- **Records to process**

========

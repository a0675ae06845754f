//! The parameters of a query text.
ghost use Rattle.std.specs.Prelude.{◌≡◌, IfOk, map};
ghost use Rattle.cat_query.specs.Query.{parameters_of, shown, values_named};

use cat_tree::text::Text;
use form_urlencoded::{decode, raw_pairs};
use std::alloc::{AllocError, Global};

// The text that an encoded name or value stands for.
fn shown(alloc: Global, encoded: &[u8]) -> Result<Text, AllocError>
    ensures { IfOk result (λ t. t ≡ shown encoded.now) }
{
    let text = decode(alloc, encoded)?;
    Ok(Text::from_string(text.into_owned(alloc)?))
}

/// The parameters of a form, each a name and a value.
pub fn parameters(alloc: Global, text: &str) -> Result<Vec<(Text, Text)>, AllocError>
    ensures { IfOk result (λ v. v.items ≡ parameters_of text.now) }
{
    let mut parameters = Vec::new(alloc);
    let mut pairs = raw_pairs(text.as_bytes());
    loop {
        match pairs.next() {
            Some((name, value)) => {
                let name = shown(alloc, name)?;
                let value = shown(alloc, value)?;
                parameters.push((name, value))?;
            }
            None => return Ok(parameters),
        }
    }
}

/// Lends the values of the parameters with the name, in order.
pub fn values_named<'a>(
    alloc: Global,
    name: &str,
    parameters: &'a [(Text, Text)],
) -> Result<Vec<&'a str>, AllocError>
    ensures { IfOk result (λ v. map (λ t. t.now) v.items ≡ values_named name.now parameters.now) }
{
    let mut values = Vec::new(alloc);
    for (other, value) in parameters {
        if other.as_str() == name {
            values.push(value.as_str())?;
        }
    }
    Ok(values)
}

========

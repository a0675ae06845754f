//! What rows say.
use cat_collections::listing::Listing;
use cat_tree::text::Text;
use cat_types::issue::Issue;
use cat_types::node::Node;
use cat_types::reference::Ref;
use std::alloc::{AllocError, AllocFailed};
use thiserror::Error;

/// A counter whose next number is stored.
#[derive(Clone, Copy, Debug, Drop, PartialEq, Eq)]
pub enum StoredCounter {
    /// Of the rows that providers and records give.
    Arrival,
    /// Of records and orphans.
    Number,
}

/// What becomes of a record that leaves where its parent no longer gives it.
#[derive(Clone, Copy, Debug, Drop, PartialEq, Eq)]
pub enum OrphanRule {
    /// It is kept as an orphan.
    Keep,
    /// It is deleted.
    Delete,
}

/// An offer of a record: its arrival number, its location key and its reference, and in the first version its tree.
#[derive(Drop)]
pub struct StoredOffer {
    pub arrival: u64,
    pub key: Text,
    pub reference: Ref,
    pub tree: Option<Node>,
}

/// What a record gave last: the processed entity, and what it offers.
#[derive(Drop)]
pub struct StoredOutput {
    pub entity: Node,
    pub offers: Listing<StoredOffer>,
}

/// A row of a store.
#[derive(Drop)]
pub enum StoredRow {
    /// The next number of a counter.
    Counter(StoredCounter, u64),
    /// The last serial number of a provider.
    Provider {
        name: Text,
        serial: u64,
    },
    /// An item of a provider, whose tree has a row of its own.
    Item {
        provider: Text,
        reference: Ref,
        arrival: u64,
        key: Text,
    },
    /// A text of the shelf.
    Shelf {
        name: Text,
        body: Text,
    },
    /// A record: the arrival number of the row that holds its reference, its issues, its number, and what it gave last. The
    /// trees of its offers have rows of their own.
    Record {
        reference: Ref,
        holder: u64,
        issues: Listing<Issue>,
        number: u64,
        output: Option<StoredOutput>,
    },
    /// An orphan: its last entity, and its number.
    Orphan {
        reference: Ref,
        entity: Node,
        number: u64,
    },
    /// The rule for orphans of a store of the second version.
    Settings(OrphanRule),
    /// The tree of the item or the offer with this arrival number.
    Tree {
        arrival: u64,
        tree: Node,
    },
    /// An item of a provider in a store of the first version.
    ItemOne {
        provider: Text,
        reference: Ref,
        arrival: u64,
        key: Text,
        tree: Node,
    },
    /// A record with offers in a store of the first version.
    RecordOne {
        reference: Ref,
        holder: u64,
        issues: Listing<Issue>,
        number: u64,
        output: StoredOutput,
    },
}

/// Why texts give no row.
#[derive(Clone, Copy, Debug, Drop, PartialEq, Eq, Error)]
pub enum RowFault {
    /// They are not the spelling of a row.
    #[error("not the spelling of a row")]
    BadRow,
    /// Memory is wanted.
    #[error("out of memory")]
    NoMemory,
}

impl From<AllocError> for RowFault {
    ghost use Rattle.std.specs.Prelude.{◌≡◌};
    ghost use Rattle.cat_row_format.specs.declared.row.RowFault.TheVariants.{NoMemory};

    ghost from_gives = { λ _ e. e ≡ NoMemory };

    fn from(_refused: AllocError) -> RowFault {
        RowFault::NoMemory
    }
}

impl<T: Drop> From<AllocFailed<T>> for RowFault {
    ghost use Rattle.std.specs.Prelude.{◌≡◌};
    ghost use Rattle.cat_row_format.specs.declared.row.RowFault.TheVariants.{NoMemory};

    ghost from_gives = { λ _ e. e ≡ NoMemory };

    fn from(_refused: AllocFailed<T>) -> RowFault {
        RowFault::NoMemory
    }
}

========

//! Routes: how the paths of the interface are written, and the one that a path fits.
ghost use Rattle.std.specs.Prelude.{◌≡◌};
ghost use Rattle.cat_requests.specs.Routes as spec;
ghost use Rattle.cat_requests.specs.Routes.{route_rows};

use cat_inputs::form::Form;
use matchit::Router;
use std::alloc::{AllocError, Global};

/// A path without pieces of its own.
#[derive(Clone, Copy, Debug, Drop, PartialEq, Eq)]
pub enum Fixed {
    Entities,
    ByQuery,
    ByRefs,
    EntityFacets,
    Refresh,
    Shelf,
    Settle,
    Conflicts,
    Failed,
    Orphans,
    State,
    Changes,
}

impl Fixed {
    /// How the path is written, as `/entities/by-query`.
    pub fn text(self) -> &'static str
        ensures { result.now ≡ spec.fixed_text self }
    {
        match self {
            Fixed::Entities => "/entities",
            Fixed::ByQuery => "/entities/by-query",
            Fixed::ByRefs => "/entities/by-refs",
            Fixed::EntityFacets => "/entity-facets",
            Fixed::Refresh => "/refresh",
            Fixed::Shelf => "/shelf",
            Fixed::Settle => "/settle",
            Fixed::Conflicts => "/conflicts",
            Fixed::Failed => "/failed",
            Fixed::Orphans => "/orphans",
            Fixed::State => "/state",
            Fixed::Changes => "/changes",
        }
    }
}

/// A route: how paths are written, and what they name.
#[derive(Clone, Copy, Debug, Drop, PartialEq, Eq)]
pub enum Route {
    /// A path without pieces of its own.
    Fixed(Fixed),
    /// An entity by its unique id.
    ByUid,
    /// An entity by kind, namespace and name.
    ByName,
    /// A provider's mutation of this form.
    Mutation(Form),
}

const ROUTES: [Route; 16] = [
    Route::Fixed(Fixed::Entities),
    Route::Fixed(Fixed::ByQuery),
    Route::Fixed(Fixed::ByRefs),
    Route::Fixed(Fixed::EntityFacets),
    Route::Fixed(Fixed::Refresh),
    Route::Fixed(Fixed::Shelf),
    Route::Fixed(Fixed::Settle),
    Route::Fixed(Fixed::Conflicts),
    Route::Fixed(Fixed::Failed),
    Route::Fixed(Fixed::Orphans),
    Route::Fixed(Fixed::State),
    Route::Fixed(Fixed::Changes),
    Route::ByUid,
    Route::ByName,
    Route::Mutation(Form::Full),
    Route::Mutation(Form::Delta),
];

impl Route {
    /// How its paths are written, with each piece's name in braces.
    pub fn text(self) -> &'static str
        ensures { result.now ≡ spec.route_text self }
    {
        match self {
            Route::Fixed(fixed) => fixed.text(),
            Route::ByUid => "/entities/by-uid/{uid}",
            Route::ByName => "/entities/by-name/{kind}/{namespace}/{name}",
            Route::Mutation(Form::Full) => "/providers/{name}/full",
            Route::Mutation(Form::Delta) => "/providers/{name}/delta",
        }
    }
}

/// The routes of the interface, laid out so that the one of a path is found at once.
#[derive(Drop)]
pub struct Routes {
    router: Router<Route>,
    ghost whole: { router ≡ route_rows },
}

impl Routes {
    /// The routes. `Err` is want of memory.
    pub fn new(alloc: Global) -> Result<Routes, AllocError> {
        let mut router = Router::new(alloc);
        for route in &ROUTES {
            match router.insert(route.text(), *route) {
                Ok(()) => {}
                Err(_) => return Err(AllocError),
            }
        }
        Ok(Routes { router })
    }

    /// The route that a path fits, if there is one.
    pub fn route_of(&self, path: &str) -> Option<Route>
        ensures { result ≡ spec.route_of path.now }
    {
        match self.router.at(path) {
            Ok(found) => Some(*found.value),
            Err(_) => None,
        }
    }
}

========

- **Task details**
Scan the listing above. Gather each line that contains the word "decode".

- **Solution for this task**
use form_urlencoded::{decode, raw_pairs};
    let text = decode(alloc, encoded)?;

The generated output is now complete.